The council should save money and confront the Whitehall decision-makers
Thursday, 1st March 2018
• ON Wednesday Cllr Sian Berry and I joined Green Party co-Leader Caroline Lucas to call on the government to restore the savage cuts to local authority budgets since 2010.
We handed in a letter to the Treasury ahead of the spring statement, listing some of the devastating impacts of Tory-induced austerity.
Sadly, included in the list was Camden Council, which has taken £76million out of its annual budgets over the past four years.
Most of the spending reductions have come from slicing bits out here and there, but some services have been hit particularly hard.
These include £3.2million of cuts to early years (including closing two children’s centres), and major reductions in adult social care, youth services, libraries and community centres.
Camden is one of the most unequal parts of Britain, encompassing some of the richest and poorest in society.
The council’s own figures show how problems such as ill health, obesity and shortened life expectancy are concentrated in the borough’s least affluent neighbourhoods.
The council isn’t responsible for Tory attacks on local government. But it is responsible for ensuring that those attacks don’t fall on the most vulnerable.

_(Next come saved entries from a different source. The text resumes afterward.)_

//! Instructions whose effect depends on what a call of the machine returned: allocation, packets that leave, and look-ups.
ghost use Rattle.std.specs.Prelude.{◌≡◌, ◌+◌, ◌^◌, ◌<◌, Bool, List, [], slice_index, IsSome};
ghost use Rattle.dp_model.specs.declared.instr.Instr.TheVariants.{Alloc, Clone, Lookup};
ghost use Rattle.dp_model.specs.declared.queue.Queue.TheVariants.{Tx};
ghost use Rattle.dp_model.specs.Machine.{Move, Acts, Leaves};
ghost use Rattle.dp_engine.specs.Steps.{setting_in, move_to, label_after, FitsIn, IsOnOrTo};

use crate::machine::Machine;
use crate::route_lookup::hop_in;
use crate::setting::Setting;
use crate::watch::{Way, branch};
use dp_model::{NumberRegister, PacketRegister, Queue};

// Allocates a packet, or goes to the label if that is refused.
#[inline(always)]
pub(crate) fn alloc(
    m: &mut Machine,
    setting: &Setting,
    into: PacketRegister,
    pool: u8,
    refused: u16,
    label: usize,
) -> Way
    requires has { (move : Move) × Acts (setting_in setting.now) label m.old.state (Alloc into pool refused) move }
    requires few { m.old.state.world.calls + 1 < 2 ^ 64 }
    requires pools { m.old.pools ≡ setting.now.env.pools }
    ensures acts { (answers : List Bool) × Acts (setting_in setting.now) label m.old.state (Alloc into pool refused)
        (move_to (label_after label result) answers m.new.state) }
    ensures goes { IsSome (label_after label result) }
    ensures names { IsOnOrTo refused result }
    ensures pools { m.new.pools ≡ m.old.pools }
    ensures frames { m.new.frames ≡ m.old.frames }
{
    branch(!m.alloc(setting, into, pool), refused, label)
}

// Clones a packet, or goes to the label if that is refused.
#[inline(always)]
pub(crate) fn clone_of(
    m: &mut Machine,
    setting: &Setting,
    into: PacketRegister,
    from: PacketRegister,
    pool: u8,
    refused: u16,
    label: usize,
) -> Way
    requires has { (move : Move) × Acts (setting_in setting.now) label m.old.state (Clone into from pool refused) move }
    requires few { m.old.state.world.calls + 1 < 2 ^ 64 }
    requires pools { m.old.pools ≡ setting.now.env.pools }
    ensures acts { (answers : List Bool) × Acts (setting_in setting.now) label m.old.state (Clone into from pool refused)
        (move_to (label_after label result) answers m.new.state) }
    ensures goes { IsSome (label_after label result) }
    ensures names { IsOnOrTo refused result }
    ensures pools { m.new.pools ≡ m.old.pools }
    ensures frames { m.new.frames ≡ m.old.frames }
{
    branch(!m.clone_of(setting, into, from, pool), refused, label)
}

// Moves a packet to a queue, or goes to the label if that is full. The setting is for the contract, which names the size of the queue.
#[inline(always)]
pub(crate) fn leave(
    m: &mut Machine,
    _setting: &Setting,
    packet: PacketRegister,
    queue: Queue,
    full: u16,
    label: usize,
) -> Way
    requires fits { FitsIn _setting.now.env m.old.frames }
    requires has { (move : Move) × Leaves _setting.now.env label m.old.state packet queue full move }
    ensures acts { Leaves _setting.now.env label m.old.state packet queue full (move_to (label_after label result) [] m.new.state) }
    ensures goes { IsSome (label_after label result) }
    ensures names { IsOnOrTo full result }
    ensures pools { m.new.pools ≡ m.old.pools }
    ensures frames { m.new.frames ≡ m.old.frames }
{
    branch(!m.move_to(packet, queue), full, label)
}

// Moves a packet to the transmit list of the port in a register, or goes to the label if that is full.
#[inline(always)]
pub(crate) fn send(
    m: &mut Machine,
    setting: &Setting,
    packet: PacketRegister,
    port: NumberRegister,
    full: u16,
    label: usize,
) -> Way
    requires fits { FitsIn setting.now.env m.old.frames }
    requires has { (move : Move) × Leaves setting.now.env label m.old.state packet (Tx (slice_index m.old.state.numbers port)) full move }
    ensures acts { Leaves setting.now.env label m.old.state packet (Tx (slice_index m.old.state.numbers port)) full
        (move_to (label_after label result) [] m.new.state) }
    ensures goes { IsSome (label_after label result) }
    ensures names { IsOnOrTo full result }
    ensures pools { m.new.pools ≡ m.old.pools }
    ensures frames { m.new.frames ≡ m.old.frames }
{
    leave(
        m,
        setting,
        packet,
        Queue::Tx(m.number(port) as u8),
        full,
        label,
    )
}

// Sets a register to the hop of an address, or goes to the label if there is none.
#[inline(always)]
pub(crate) fn look_up(
    m: &mut Machine,
    setting: &Setting,
    into: NumberRegister,
    table: u8,
    address: NumberRegister,
    missed: u16,
    label: usize,
) -> Way
    requires has { (move : Move) × Acts (setting_in setting.now) label m.old.state (Lookup into table address missed) move }
    ensures acts { (answers : List Bool) × Acts (setting_in setting.now) label m.old.state (Lookup into table address missed)
        (move_to (label_after label result) answers m.new.state) }
    ensures goes { IsSome (label_after label result) }
    ensures names { IsOnOrTo missed result }
    ensures pools { m.new.pools ≡ m.old.pools }
    ensures frames { m.new.frames ≡ m.old.frames }
{
    match hop_in(setting.tables(), table, m.number(address)) {
        Some(hop) => {
            m.set(into, u64::from(hop));
            Way::On
        }
        None => Way::To(missed),
    }
}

Council leaders should be more actively confronting the Whitehall decision-makers on residents’ behalf.
It should also try harder not to waste money on badly planned or executed projects, such as dangerous cladding at Chalcots, which led to costly evacuation of residents and emergency repairs, and the various estate redevelopments, which are not providing sufficient numbers of new council homes or revenue.
May’s local elections are an opportunity for voters to bring more political diversity into the council, to help the Labour leadership make the right choices and challenge them where they go wrong. Camden Greens stand ready to contribute.